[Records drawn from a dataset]
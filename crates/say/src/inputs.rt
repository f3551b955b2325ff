//! The sentences of inputs.

ghost use Rattle.std.specs.Prelude.{◌≡◌, ◌≤◌, length};
ghost use Rattle.cpu.specs.Inputs.{is_overflow, step_of};
ghost use Rattle.say.specs.Sentences.{asks, carried, carries, pulse, taken};

use crate::places::carried_by;
use crate::values::Values;
use cpu::{Input, Machine};
use feed::interrupt::Interrupt;
use feed::{Counter, Sequence};
use words::{Carry, CounterStep, Wide, Word};

/// What an input does.
pub(crate) fn taken(input: &Input, before: &Values) -> &'static [u8]
    ensures text { result.now ≡ taken input.now before.now }
    ensures short { length result.now ≤ 80 }
{
    match input {
        Input::Count(_, sequence) => pulse(*sequence, before.first),
        Input::Word(_, _) => b"A word comes in on channel #: !.",
        Input::Interrupt(_) => b"A signal comes in.",
    }
}

/// What a sequence does to a counter that holds x.
fn pulse(sequence: Sequence, x: Wide) -> &'static [u8]
    ensures text { result.now ≡ pulse sequence x }
    ensures short { length result.now ≤ 80 }
{
    match sequence {
        Sequence::Pinc => b"The pulse @ counts up by one: ].",
        Sequence::Minc => b"The pulse @ counts down by one: ].",
        Sequence::Dinc => {
            if x.is_zero() {
                b"The pulse @ finds 0: ]."
            } else {
                b"The pulse @ counts towards 0 by one: ]."
            }
        }
        Sequence::Pcdu => b"The pulse @ turns an angle up by one: %.",
        Sequence::Mcdu => b"The pulse @ turns an angle down by one: %.",
        Sequence::Shinc => b"The pulse @ shifts the word up, and a 0 in: %.",
        Sequence::Shanc => b"The pulse @ shifts the word up, and a 1 in: %.",
    }
}

/// What an input's overflow gives to another counter.
pub(crate) fn carries(machine: &Machine, input: &Input) -> &'static [u8]
    ensures text { result.now ≡ carries machine.now input.now }
    ensures short { length result.now ≤ 40 }
{
    match input {
        Input::Count(counter, sequence) => {
            let step = step_of(*sequence, machine.word(counter.place()));
            carried(carried_by(counter.asks()), is_overflow(step.carry))
        }
        Input::Word(_, _) | Input::Interrupt(_) => b"",
    }
}

/// What is given to another counter where there is an overflow.
fn carried(other: Option<Counter>, carries: bool) -> &'static [u8]
    ensures text { result.now ≡ carried other carries }
    ensures short { length result.now ≤ 40 }
{
    match other {
        None => b"",
        Some(_) => {
            if carries {
                b" It overflows, and so gives &: }."
            } else {
                b""
            }
        }
    }
}

/// What an input asks for.
pub(crate) fn asks(interrupt: Option<Interrupt>) -> &'static [u8]
    ensures text { result.now ≡ asks interrupt }
    ensures short { length result.now ≤ 40 }
{
    match interrupt {
        Some(_) => b" It asks for ~.",
        None => b"",
    }
}

/// The step that a sequence makes of a word.
fn step_of(sequence: Sequence, word: Word) -> CounterStep
    ensures { result ≡ step_of sequence word }
{
    match sequence {
        Sequence::Pinc => word.pinc(),
        Sequence::Minc => word.minc(),
        Sequence::Dinc => word.dinc(),
        Sequence::Pcdu => word.pcdu(),
        Sequence::Mcdu => word.mcdu(),
        Sequence::Shinc => word.shinc(),
        Sequence::Shanc => word.shanc(),
    }
}

/// Whether plus or minus one has overflowed.
fn is_overflow(carry: Carry) -> bool
    ensures { result ≡ is_overflow carry }
{
    carry == Carry::Plus || carry == Carry::Minus
}
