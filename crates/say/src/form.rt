//! In which form the steps of a run are told.

ghost use Rattle.std.specs.Prelude.{◌≡◌, ◌+◌, ◌-◌, ◌^◌, ◌≤◌, min, true};
ghost use Rattle.words.specs.Devices.{Writes, failures_after};
ghost use Rattle.cpu.specs.Next.{next};
ghost use Rattle.cpu.specs.State.{FitsRun};
ghost use Rattle.say.specs.Said.{told_line};

use crate::line::say_step;
use cpu::{Machine, Processor};
use trace::{Names, trace_step};
use words::{Write, WriteFailed};

/// In which form the steps of a run are told.
#[derive(Clone, Copy, PartialEq, Eq, Debug, Drop)]
pub enum LineForm {
    /// As `trace_step` has them.
    Steps,
    /// With what each step reads.
    StepsAndReads,
    /// With a sentence of what each step did.
    Sentences,
}

/// Makes a step, and writes its line in a form.
///
/// After a failure a beginning of the line was written.
pub fn tell_step<N: Names, W: Write>(
    form: LineForm,
    names: &N,
    processor: &mut Processor,
    machine: &mut Machine,
    number: u64,
    out: &mut W,
) -> Result<(), WriteFailed>
    requires cycles { machine.old.cycles ≤ 2 ^ 62 }
    requires fits { FitsRun processor.old.scenario machine.old }
    ensures processor { processor.new ≡ record processor.old { meter = min (processor.old.meter + 1) (2 ^ 128 - 1) } }
    ensures scenario { processor.new.scenario ≡ processor.old.scenario }
    ensures state { machine.new ≡ (next processor.old.scenario machine.old).0 }
    ensures written { W.told ≡ true →
        Writes (W.written out.old) (W.written out.new)
        (told_line form (N.table names.now) processor.old.scenario number machine.old) result }
    ensures failures { W.failures out.new ≡ failures_after (W.failures out.old) result }
{
    match form {
        LineForm::Steps => trace_step(false, names, processor, machine, number, out),
        LineForm::StepsAndReads => trace_step(true, names, processor, machine, number, out),
        LineForm::Sentences => say_step(names, processor, machine, number, out),
    }
}
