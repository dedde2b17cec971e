// Where a disk isn't sound.
ghost use Rattle.std.specs.Prelude.{◌≡◌};
ghost use Rattle.fsck.specs.Faults.{place};

use layout::disk::Disk;

// What has the first fault of a disk.
#[derive(Clone, Copy, Debug, PartialEq, Eq)]
pub enum Fault {
    // The disk's size.
    Size,
    // The entry of this number.
    Entry(usize),
}

impl Fault {
    // The number that is printed for it: the entry's, or, for the size, the one behind the last entry's. A name, and no `From`, says which number it is.
    pub fn place(self) -> usize
        ensures { result ≡ place self }
    {
        match self {
            Fault::Size => Disk::ENTRIES,
            Fault::Entry(i) => i,
        }
    }
}
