// Whether a disk is sound, and the first entry at which it isn't.
ghost use Rattle.std.specs.Prelude.{◌≡◌, ℕ, suc, ◌<◌, true, false, ◌||◌, ◌==◌, map, MatchOption, IsTrue, ◌↔◌};
ghost use Rattle.std.specs.Option.{option_map};
ghost use Rattle.layout.specs.Entries.{decoded};
ghost use Rattle.layout.specs.Files.{has_entries, has_entry, held, find, entry_at, entries};
ghost use Rattle.fsck.specs.Sets.{member};
ghost use Rattle.fsck.specs.Blocks.{blocks_to, has, size};
ghost use Rattle.fsck.specs.Sound.{size_ok, block_ok, blocks_ok, entry_ok, sound, first_fault};
ghost use Rattle.fsck.specs.Faults.{place, fault_of_place};
ghost use Rattle.fsck.specs.Rules.{Sound, Judged, TwinsFound};

use crate::block_set::BlockSet;
use crate::fault::Fault;
use layout::disk::Disk;
use layout::entry::Entry;

// Whether the bytes are whole blocks, as few and as many as a disk may have.
fn has_size(disk: &[u8]) -> bool
    ensures { result ≡ size_ok disk.now }
{
    let blocks = disk.len() / Disk::BLOCK;
    disk.len() % Disk::BLOCK == 0 && (Disk::LEAST..=Disk::MOST).contains(&blocks)
}

// Whether the block is one for files, on the disk, and not taken.
fn is_fresh(b: u8, size: usize, taken: &BlockSet) -> bool
    ensures { result ≡ block_ok size (member taken.now) b }
{
    (Disk::ENTRY_BLOCKS..size).contains(&usize::from(b)) && !taken.contains(b)
}

// Puts the blocks into the set, up to one that is not fresh, if there is one. Says whether all were: a `bool`, since nothing more is to be known of one that wasn't.
fn take_blocks(blocks: &[u8], size: usize, taken: &mut BlockSet) -> bool
    ensures value { result ≡ blocks_ok size (member taken.old) blocks.now }
    ensures taken { result ≡ true → (k : ℕ) → member taken.new k ≡ (has blocks.now k || member taken.old k) }
{
    for b in blocks {
        if !is_fresh(*b, size, taken) {
            return false;
        }
        taken.insert(*b);
    }
    true
}

// Whether entry i is the first in use with its name.
fn is_first(disk: Disk<'_>, entry: &Entry, i: usize) -> bool
    requires { has_entries (held disk) ≡ true }
    ensures { i < 16 → result ≡ (find (held disk.entry) entry.now.name.bytes == i) }
{
    disk.find(&entry.name) == Some(i)
}

// Whether entry i of the disk has no fault against those before it, whose blocks are taken. If it has none, its own blocks are taken too. A `bool`, as of `take_blocks`.
fn judge_entry(disk: &[u8], i: usize, entry: &Entry, taken: &mut BlockSet) -> bool
    requires there { has_entry disk.now i ≡ true }
    requires entry { entry.now ≡ entry_at disk.now i }
    requires taken { (k : ℕ) → member taken.old k ≡ has (blocks_to disk.now i) k }
    ensures value { result ≡ entry_ok disk.now i }
    ensures taken { result ≡ true → (k : ℕ) → member taken.new k ≡ has (blocks_to disk.now (suc i)) k }
{
    // A flag of the disk, since an entry has only that it is 1 or not.
    if disk[i * Disk::ENTRY] > 1 {
        return false;
    }
    if !entry.used {
        return true;
    }
    if usize::from(entry.len) > Disk::LONGEST {
        return false;
    }
    if !is_first(Disk::new(disk), entry, i) {
        return false;
    }
    take_blocks(entry.file_blocks(), disk.len() / Disk::BLOCK, taken)
}

// The parts that spell the entries, where the disk has the size of one.
fn table_of(disk: &[u8]) -> Option<&[[u8; Disk::ENTRY]; Disk::ENTRIES]>
    ensures { MatchOption result (size_ok disk.now ≡ false) (λ table. (size_ok disk.now ≡ true) × (map decoded table.now ≡ entries disk.now)) }
{
    if has_size(disk) {
        Disk::new(disk).table()
    } else {
        None
    }
}

// Nothing for a sound disk; else its size, where that is wrong, or the first entry at which it isn't sound, judged against those before it.
pub fn first_fault(disk: &[u8]) -> Option<Fault>
    ensures value { result ≡ option_map fault_of_place (first_fault disk.now) }
    ensures places { option_map place result ≡ first_fault disk.now }
    ensures judged { Judged disk.now (option_map place result) }
    ensures agrees { IsTrue (sound disk.now) ↔ Sound disk.now }
    ensures twins { TwinsFound disk.now }
{
    let Some(table) = table_of(disk) else {
        return Some(Fault::Size);
    };
    let mut taken = BlockSet::new();
    for (i, part) in table.iter().enumerate() {
        if !judge_entry(disk, i, &Entry::decode(part), &mut taken) {
            return Some(Fault::Entry(i));
        }
    }
    None
}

- _TASK GOAL_: Please print the lines from the start of the records up to and including the line with "pub(crate) fn taken(input: &Input, before: &Values)", copying each one exactly and leaving out the rest.

- _YOUR SOLUTION_:
filename crates/say/src/inputs.rt
repository f3551b955b2325ff
//! The sentences of inputs.

ghost use Rattle.std.specs.Prelude.{◌≡◌, ◌≤◌, length};
ghost use Rattle.cpu.specs.Inputs.{is_overflow, step_of};
ghost use Rattle.say.specs.Sentences.{asks, carried, carries, pulse, taken};

use crate::places::carried_by;
use crate::values::Values;
use cpu::{Input, Machine};
use feed::interrupt::Interrupt;
use feed::{Counter, Sequence};
use words::{Carry, CounterStep, Wide, Word};

/// What an input does.
pub(crate) fn taken(input: &Input, before: &Values) -> &'static [u8]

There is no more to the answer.